FloCard is a sustainability-focused digital platform that combines digital identity, community engagement, climate action, and nature-based project tools. The platform supports businesses, communities, and sustainability initiatives through features such as digital business cards, sustainability profiles, carbon offsetting, project development, and tools aligned with climate and SDG goals.
FloCard also has a Tree Planters App used by communities, planters, and farms working on afforestation projects.
The app helps users digitally tag and trace trees using:
- geo-tagged single tree images
- Google Map based boundary tagging for clusters of trees or forest areas
- mobile app or mobile browser based field capture
- offline capture support for areas with low or no internet connectivity
Tree tagging usually happens in remote or low-connectivity areas. Users capture the tree image and location first. Later, when internet connectivity is available, the captured assets are synced and edited with details such as species, age, date of plantation, and related information. After review and approval, the tree record becomes a blockchain-based tree asset.
The tree asset creation process broadly follows three steps:
- A user captures a tree image and geo-tag in the mobile app or mobile browser, often in offline mode.
- The asset is synced later and edited with details such as species, age, plantation date, and other metadata.
- The asset goes through an approval step before becoming a blockchain-based asset.
This process works, but it depends heavily on the quality of the image and whether the captured image actually contains a valid tree.
During tree tagging, users may accidentally capture non-tree images, unclear images, partial tree images, or images where multiple trees and background objects are mixed together.
If a non-tree image or poor-quality image passes through the tagging and approval process, it can become an incorrect tree asset. This affects asset quality and can also affect downstream carbon or GHG offset estimates.
FloCard is exploring an AI-assisted workflow where tree images captured during the tagging process can be checked to confirm whether a tree is present and where the tree appears in the image.
Build a solution that can detect and localize visible trees in uploaded images.
The solution should help identify whether a submitted image contains one or more trees and provide a reviewable location output such as a bounding box or segmentation mask.
A useful solution should be able to:
- accept tree tagging images as input
- identify whether one or more trees are visible
- localize detected trees using bounding boxes, masks, or another reviewable format
- flag unclear or low-confidence images
- generate metadata for each detection
- provide a simple way to review detected outputs
- document the approach, assumptions, limitations, and failure cases
Contributors are free to propose their own approach.
Possible approaches may include:
- object detection models
- image segmentation models
- vision transformer based detection
- YOLO-style models
- Segment Anything style workflows
- hybrid detection and quality-check workflows
The solution should explain why the selected approach is suitable and what kinds of images it may fail on.
Preferred languages:
- Python
- C#
Possible libraries and tools:
- OpenCV
- Pillow
- PyTorch
- TensorFlow
- YOLO
- Detectron2
- Segment Anything
- ONNX Runtime
- ML.NET where applicable
Contributors may use other tools if they explain the reasoning.

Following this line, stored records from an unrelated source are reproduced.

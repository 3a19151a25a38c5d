//! The commands of watches, and the watch lines after each line. wot_plain defines both, wot_watch keeps the watches,
//! and wot_cache answers their questions. It uses wot_plain, so it is proved beside wot_command; wot_machine calls
//! it.
#![tactic(auto)]

mod watching;

pub use watching::{are_settled, tell_all, watch, watch_lines};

Images are not included publicly in this repository unless they are open, synthetic, or approved for public use.
Contributors may use:
- open-license tree images
- contributor-created tree images
- approved sample image packs provided by the maintainers
Contributors who need access to image samples can contact the maintainers by email. Contact [abhijeet@366pitech.com]
Do not commit private geo-tagged images, precise location data, private farm or project data, credentials, or restricted-license imagery to the repository.
- Fork the repository.
- Create a feature branch.
- Submit your Contribution through a pull request.
- Keep the implementation focused on this challenge.
- Do not commit private images, precise location data, credentials, or large generated datasets.
- Include setup and running instructions.
- Include sample output using safe, open, synthetic, or approved images.
- Explain your assumptions and known limitations.
- Mention any additional data you needed or data gaps you found.
- Document how the solution can be customized and scaled.